Merriam v. Goss

139 Mass. 77 | Mass. | 1885

Holmes, J.

The clauses in the decree for redemption directing that the defendants be allowed for the improvements made upon the premises, and that the master report the value of such improvements, &c., is merely a less formal equivalent for a direction that the master inquire whether the defendants had made any, and what, lasting or permanent improvements on the premises, &e., as in Webb v. Rorke, 2 Sch. & L. 661, 676. It is proper that such a special direction should be inserted in the decree if a prima facie case is made for it at the hearing, but in itself it does not determine that there are improvements to be allowed for. That question is now before us. Even if this decree was intended to go further than is usual at that stage, practically it leaves everything open, as it does not specify what things are to be allowed for under the name of improvements. Upon the facts, as we shall show, it must be taken to mean by improvements “ lasting or beneficial improvements on the estate; ” Gordon v. Lewis, 2 Sumner, 143, 150; that is to say, those of which the plaintiff actually receives the benefit.

Reasonable improvements may be allowed for, apart from contract, upon principles of equity, and, in this Commonwealth, by statute. Pub. Sts. e. 181, § 23. When the allowance is made, however, it is made, not for the expenditure, with which ex hypothesi the mortgagor had nothing to do, but for the benefit which’ he actually receives from that expenditure. The mortgagor’s having actually received the benefit is the only ground for charging him, and it follows that, although justice will ordinarily be done by crediting the mortgagee in account with the sums expended, which is the usual direction in decrees, and is sanctioned by our statute, yet that “ the true rule undoubtedly is, that the mortgagor should be charged no more of the cost, than that which is beneficial to the estate.” Reed v. Reed, 10 Pick. 398, 400. Boston Iron Co. v. King, 2 Cush. 400, 405. See also Gordon v. Lewis, 2 Sumner, 149. Shepard v. Jones, 21 Ch. D. 469, 478.

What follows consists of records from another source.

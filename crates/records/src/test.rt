ghost use Rattle.std.specs.Prelude.{◌≡◌, ◌+◌, ◌≤◌, length, Some};
ghost use Rattle.words.specs.Tests.{any};
ghost use Rattle.rules.specs.Serves.{Did, buffers};
ghost use Rattle.rules.specs.Codes.{differs};
ghost use Rattle.rules.specs.Refusals.{answer_of};
ghost use Rattle.rules.specs.Locks.{unpack, open_of};
ghost use Rattle.rules.specs.Asks.{caller_file};
ghost use Rattle.rules.specs.Vector.{vector_of};
ghost use Rattle.rules.specs.Call.{Ready, served};
ghost use Rattle.rules.specs.declared.routine.Routine.TheVariants.{TestWrite};
ghost use Rattle.records.specs.By.{by41};

use crate::may::may_write;
use crate::there::not_there;
use directory::entry::Entry;
use directory::find::Directory;
use directory::place::record_at;
use locklist::fcb::{caller_file, record_of};
use rules::code::Refusal;
use rules::file::File;
use rules::kind::Kind;
use rules::list::LockList;
use rules::size::{DMA_SIZE, FCB_SIZE, LIST_SIZE};
use writing::record::write_record;
use writing::spot::spot_at;

// The first 128 bytes of the DMA differ from those of the image from `at` on.
#[tactic(auto, using(crate::proofs::Testing::differing))]
fn any_differs(dma: &[u8; DMA_SIZE], image: &[u8], at: usize) -> bool
    requires { at + 128 ≤ length image.now }
    ensures { result ≡ any (differs dma.now image.now at) 128 }
{
    dma[..128] != image[at..at + 128]
}

// 41 on what was found: decide first, then write.
#[tactic(auto, using(crate::proofs::Testing::tested))]
fn test_by(
    kind: Kind,
    p: u8,
    l: &LockList,
    o: usize,
    f: File,
    r: u32,
    fcb: &[u8; FCB_SIZE],
    dma: &[u8; DMA_SIZE],
    list: &[u8; LIST_SIZE],
    image: &mut [u8],
    vector: &[u8],
) -> Result<(), Refusal>
    requires { (l.now ≡ unpack list.now) × (f ≡ caller_file p l.now fcb.now) × (o ≡ open_of l.now p f) × Ready kind (buffers fcb.now dma.now list.now image.old) × (vector.now ≡ vector_of kind image.old) }
    ensures { Did (by41 kind p l.now o f r (buffers fcb.now dma.now list.now image.old)) (answer_of result) (buffers fcb.now dma.now list.now image.new) × (vector.now ≡ vector_of kind image.new) }
{
    let directory = Directory {
        kind,
        image: &*image,
    };
    let first = directory.entry_of(f, 0);
    may_write(kind, p, l, o, f, &Entry::at(&*image, first), r)?;
    let number = r as usize;
    let e = directory.entry_of(f, number / 128);
    not_there(&directory, e, number)?;
    let w = spot_at(&directory, vector, e, number);
    if any_differs(dma, image, record_at(kind, w.block, number)) {
        return Err(Refusal::Differs);
    }
    write_record(kind, image, false, w, first, f, number, &dma[128..256]);
    Ok(())
}

// 41 on the buffers. It takes no block, so the vector stays as it is.
#[tactic(auto, using(crate::proofs::Testing::test_called))]
pub fn test_write(
    kind: Kind,
    p: u8,
    l: &LockList,
    fcb: &[u8; FCB_SIZE],
    dma: &[u8; DMA_SIZE],
    list: &[u8; LIST_SIZE],
    image: &mut [u8],
    vector: &[u8],
) -> Result<(), Refusal>
    requires { (l.now ≡ unpack list.now) × Ready kind (buffers fcb.now dma.now list.now image.old) × (vector.now ≡ vector_of kind image.old) }
    ensures { Did (served kind (Some TestWrite) p 1 (buffers fcb.now dma.now list.now image.old)) (answer_of result) (buffers fcb.now dma.now list.now image.new) × (vector.now ≡ vector_of kind image.new) }
{
    let f = caller_file(l, p, fcb);
    let o = l.open_of(p, f);
    let r = record_of(fcb);
    test_by(kind, p, l, o, f, r, fcb, dma, list, image, vector)
}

Of course a different rule could be established by contract, and a mortgagor might bind himself by words or conduct to pay the cost of structures at all events. It is said, in England, that notice given by the mortgagee to the mortgagor, and acquiescence on the part of the mortgagor, render unnecessary an *83inquiry whether the expenditure was reasonable. Shepard v. Jones, 21 Ch. D. 479. It does not follow that notice and acquiescence alone would change the rule as to the amount to be allowed. But if they ever would have that effect, there is nothing that can do so in this case. All that appears is, that the plaintiff knew (not that Lockey gave him notice) that Lockey was making improvements, and made no objections. But at that time both parties were expecting that a bargain was going through for the release of the equity of redemption to Lockey, so that, even if Lockey knew that the plaintiff knew that he was making improvements, it was understood by both that he was making them on his own account, on the strength of that anticipation. Hence any implication of an undertaking to pay the cost of the structures is out of the question, and the allowance to the defendants must be determined by the general principles of equity as to reasonable improvements.

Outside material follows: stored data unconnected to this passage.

ghost use Rattle.std.specs.Prelude.{◌≡◌, ◌+◌, ◌*◌, ◌≤◌, ◌<◌, length, Some};
ghost use Rattle.words.specs.Bytes.{put};
ghost use Rattle.words.specs.Tables.{first_of};
ghost use Rattle.rules.specs.Kinds.{block_size};
ghost use Rattle.rules.specs.Serves.{Did, buffers};
ghost use Rattle.rules.specs.Codes.{rows33};
ghost use Rattle.rules.specs.Refusals.{answer_of};
ghost use Rattle.rules.specs.Effects.{contents};
ghost use Rattle.rules.specs.Locks.{unpack};
ghost use Rattle.rules.specs.Call.{Ready, served};
ghost use Rattle.rules.specs.declared.routine.Routine.TheVariants.{Read};
ghost use Rattle.records.specs.By.{Inside, read_at, by33};

use crate::there::not_there;
use directory::find::Directory;
use directory::place::record_at;
use locklist::fcb::{caller_file, record_of};
use rules::code::Refusal;
use rules::file::File;
use rules::kind::{Kind, is_past};
use rules::list::LockList;
use rules::size::{DMA_SIZE, FCB_SIZE, LIST_SIZE};
use words::byte::put_bytes;

// The first refusal of 33. The caller's open is at place `o`, the record's extent at entry `e` (64: none).
#[tactic(auto, using(words::proofs::Sets::codes), unfolding(rules::specs::Codes::rows33, rules::specs::Locks::is_opened))]
fn read_refusal(directory: &Directory, o: usize, e: usize, r: usize) -> Result<(), Refusal>
    ensures { answer_of result ≡ first_of (rows33 directory.now.kind o e r directory.now.image.now) }
{
    if 64 <= o {
        return Err(Refusal::NotOpen);
    }
    if is_past(directory.kind, r) {
        return Err(Refusal::PastEnd);
    }
    not_there(directory, e, r)
}

// Record `r` in its block to the 128 bytes of the DMA from `at` on.
#[tactic(auto, using(crate::proofs::Reading::copied, writing::proofs::Entries::record_lies))]
fn copy_record(kind: Kind, dma: &mut [u8], at: usize, image: &[u8], block: usize, r: usize)
    requires { (at + 128 ≤ length dma.old) × (block < 65536) × (block_size kind * block + block_size kind ≤ length image.now) }
    ensures { dma.new ≡ put at (contents kind image.now block r) dma.old }
{
    let start = record_at(kind, block, r);
    put_bytes(dma, at, &image[start..start + 128]);
}

// One record: decide first, then copy it to the DMA from `at` on.
#[tactic(auto, using(crate::proofs::Reading::reads))]
pub fn read_one(
    directory: &Directory,
    o: usize,
    e: usize,
    r: usize,
    dma: &mut [u8],
    at: usize,
) -> Result<(), Refusal>
    requires { (at + 128 ≤ length dma.old) × Inside directory.now.kind directory.now.image.now e r }
    ensures { (answer_of result ≡ first_of (rows33 directory.now.kind o e r directory.now.image.now)) × (dma.new ≡ read_at directory.now.kind o e r at directory.now.image.now dma.old) }
{
    read_refusal(directory, o, e, r)?;
    let block = directory.block_in(e, r);
    copy_record(directory.kind, dma, at, directory.image, block, r);
    Ok(())
}

// 33 on what was found.
#[tactic(auto, using(crate::proofs::Reading::inside_of, crate::proofs::Reading::read_ended))]
fn read_by(
    kind: Kind,
    o: usize,
    f: File,
    r: usize,
    fcb: &[u8; FCB_SIZE],
    dma: &mut [u8; DMA_SIZE],
    list: &[u8; LIST_SIZE],
    image: &[u8],
) -> Result<(), Refusal>
    requires { Ready kind (buffers fcb.now dma.old list.now image.now) }
    ensures { Did (by33 kind o f r (buffers fcb.now dma.old list.now image.now)) (answer_of result) (buffers fcb.now dma.new list.now image.now) }
{
    let directory = Directory { kind, image };
    let e = directory.entry_of(f, r / 128);
    read_one(&directory, o, e, r, dma, 0)
}

// 33 on the buffers.
#[tactic(auto, using(crate::proofs::Reading::read_called))]
pub fn read_random(
    kind: Kind,
    p: u8,
    l: &LockList,
    fcb: &[u8; FCB_SIZE],
    dma: &mut [u8; DMA_SIZE],
    list: &[u8; LIST_SIZE],
    image: &[u8],
) -> Result<(), Refusal>
    requires { (l.now ≡ unpack list.now) × Ready kind (buffers fcb.now dma.old list.now image.now) }
    ensures { Did (served kind (Some Read) p 1 (buffers fcb.now dma.old list.now image.now)) (answer_of result) (buffers fcb.now dma.new list.now image.now) }
{
    let f = caller_file(l, p, fcb);
    let o = l.open_of(p, f);
    let r = record_of(fcb) as usize;
    read_by(kind, o, f, r, fcb, dma, list, image)
}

In this view, as the dwelling-house was destroyed by fire before the account was taken, and the mortgagor, when he gets back the property, will get it without that improvement, he ought not to pay for it. It makes no difference that the house was burned after the decree for redemption. The ground on which the mortgagor is charged is inconsistent with such a distinction, and no case has been brought to our attention which sanctions it. See Nixon v. Porter, 38 Miss. 401; Dungan v. Von Puhl, 8 Iowa, 263, 271; Stark v. Starr, 1 Sawyer, 15, 20. We have assumed in favor of the defendants, without deciding, that the case stands as if Lockey had already purchased the mortgage when he moved the house upon the land, as it seems probable that he had made some arrangement looking to that end, and that his act is not to be regarded as that of a stranger. Merriam v. Barton, 14 Vt. 501.

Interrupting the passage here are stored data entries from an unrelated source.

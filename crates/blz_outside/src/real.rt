//! The real files and standard output. They tell no bytes and no room, and aren't steady.
ghost use Rattle.std.specs.Prelude.{◌≡◌, ◌<◌, ◌≤◌, ◌+◌, ℕ, List, [], None, false, IfSome, OnOk, OnErr, length, take, vec_len};
ghost use Rattle.std.specs.Io.KnownBytes.{Consumes, Appends};
ghost use Rattle.blz_outside.specs.Files.{OnWhole, OnMore};

use crate::counts::raise;
use crate::files::{End, Files, ReadFail};
use crate::sink::{Failed, Sink};
use std::io::{Read, Write};
use std::marker::Model;
use std::{fs, io, rt};

// How many bytes one read asks for at most.
const CHUNK: usize = 8192;

/// The files of the system, by their paths.
#[derive(Drop)]
pub struct RealFiles<R> {
    runtime: R,
    faults: u64,
}

impl<R> Model for RealFiles<R> {
    ghost use Rattle.blz_outside.specs.RealEnd.{RealEndView};

    ghost Value = { RealEndView };

    ghost view = { λ files. record { faults = files.faults } };
}

impl<R: rt::Files> RealFiles<R> {
    /// The files that this runtime reads.
    pub fn new(runtime: R) -> RealFiles<R>
        ensures { result ≡ record { faults = 0 } }
    {
        RealFiles { runtime, faults: 0 }
    }

    /// How many reads failed, up to the last value of a count.
    pub fn faults(&self) -> u64
        ensures { result ≡ self.now.faults }
    {
        self.faults
    }
}

// Reads the rest of the file, or at most one byte more than the limit. A read that takes nothing is
// the end of the file, and an error of any kind ends the read.
fn read_all<F: Read>(file: &mut F, most: usize, into: &mut Vec<u8>) -> Result<End, ReadFail>
    ensures whole_bytes { OnWhole result
        (IfSome (F.remaining file.old) (λ bytes. into.new.items ≡ bytes)) }
    ensures whole_within { OnWhole result (vec_len into.new ≤ most) }
    ensures more_empty { OnMore result (into.new.items ≡ []) }
    ensures more_longer { OnMore result
        (IfSome (F.remaining file.old) (λ bytes. most < length bytes)) }
    ensures taken { (bytes : List ℕ) × (length bytes ≤ most + 1) ×
        Consumes (F.remaining file.old) (F.remaining file.new) bytes }
{
    let mut chunk = [0u8; CHUNK];
    into.clear();
    while into.len() <= most {
        let wanted = (most - into.len()).saturating_add(1).min(CHUNK);
        match file.read(&mut chunk[..wanted]) {
            Err(_) => return Err(ReadFail::Failed),
            Ok(0) => return Ok(End::Whole),
            Ok(count) => into.extend_from_slice(&chunk[..count])?,
        }
    }
    into.clear();
    Ok(End::More)
}

// Reads the file of this name, which fails where it can't be opened.
fn read_named<R: rt::Files>(
    runtime: &R,
    name: &str,
    most: usize,
    into: &mut Vec<u8>,
) -> Result<End, ReadFail>
    ensures whole_within { OnWhole result (vec_len into.new ≤ most) }
    ensures more_empty { OnMore result (into.new.items ≡ []) }
{
    match fs::open(runtime, name) {
        Ok(mut file) => read_all(&mut file, most, into),
        Err(_) => Err(ReadFail::Failed),
    }
}

impl<R: rt::Files> Files for RealFiles<R> {
    ghost held = { λ _. None };

    ghost steady = { λ _. false };

    ghost faults = { λ files. files.faults };

    ghost steady_is_told = { λ _ never. never };

    fn read(&mut self, name: &str, most: usize, into: &mut Vec<u8>) -> Result<End, ReadFail> {
        match read_named(&self.runtime, name, most, into) {
            Ok(end) => Ok(end),
            Err(ReadFail::NoMemory) => Err(ReadFail::NoMemory),
            Err(ReadFail::Failed) => {
                self.faults = raise(self.faults);
                Err(ReadFail::Failed)
            }
        }
    }
}

/// Standard output.
#[derive(Drop)]
pub struct RealSink<R> {
    runtime: R,
    faults: u64,
}

impl<R> Model for RealSink<R> {
    ghost use Rattle.blz_outside.specs.RealEnd.{RealEndView};

    ghost Value = { RealEndView };

    ghost view = { λ sink. record { faults = sink.faults } };
}

impl<R: Print> RealSink<R> {
    /// The standard output of this runtime.
    pub fn new(runtime: R) -> RealSink<R>
        ensures { result ≡ record { faults = 0 } }
    {
        RealSink { runtime, faults: 0 }
    }

    /// How many writes failed, up to the last value of a count.
    pub fn faults(&self) -> u64
        ensures { result ≡ self.now.faults }
    {
        self.faults
    }
}

// Writes the whole piece. A write that takes nothing is a fault, and so is an error of any kind.
fn write_all<W: Write>(writer: &mut W, piece: &[u8]) -> Result<(), Failed>
    ensures ok_grows { OnOk result
        (Appends (W.contents writer.old) (W.contents writer.new) piece.now) }
    ensures failed_front { OnErr result ((count : ℕ) ×
        Appends (W.contents writer.old) (W.contents writer.new) (take count piece.now)) }
{
    let mut taken = 0;
    while taken < piece.len() {
        match writer.write(&piece[taken..]) {
            Err(_) | Ok(0) => return Err(Failed),
            Ok(count) => taken += count,
        }
    }
    Ok(())
}

impl<R: Print> Sink for RealSink<R> {
    ghost written = { λ _. None };

    ghost room = { λ _. None };

    ghost faults = { λ sink. sink.faults };

    fn put(&mut self, piece: &[u8]) -> Result<(), Failed> {
        let outcome = write_all(&mut io::writer(&self.runtime), piece);
        if outcome.is_err() {
            self.faults = raise(self.faults);
        }
        outcome
    }
}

The plaintiff properly makes no claim to the money received by the defendants for insurance upon the house, if he is not charged for the house. Also he does not dispute that he was properly charged in the account with the present value of the improvements still on the land, nor that, when such improvements are estimated according to their deteriorated value, the occupant is only to be charged for the rent of the land without the improvements. We do not reopen these questions. See *84Dungan v. Von Puhl, and Nixon v. Porter, ubi supra; Moore v. Cable, 1 Johns. Ch. 885.

This disposes of all the points which have been argued before us except a matter which probably was not called to the attention of the justice who signed the final decree. It seems proper that the decree should be modified so far as to require only the defendants Putnam and Goss, who hold the mortgage and have received the surplus, to pay it over ; and they alone should be charged with costs. In other respects it will stand, with such modifications as are necessary to bring it down to the date of the decree. Decree accordingly.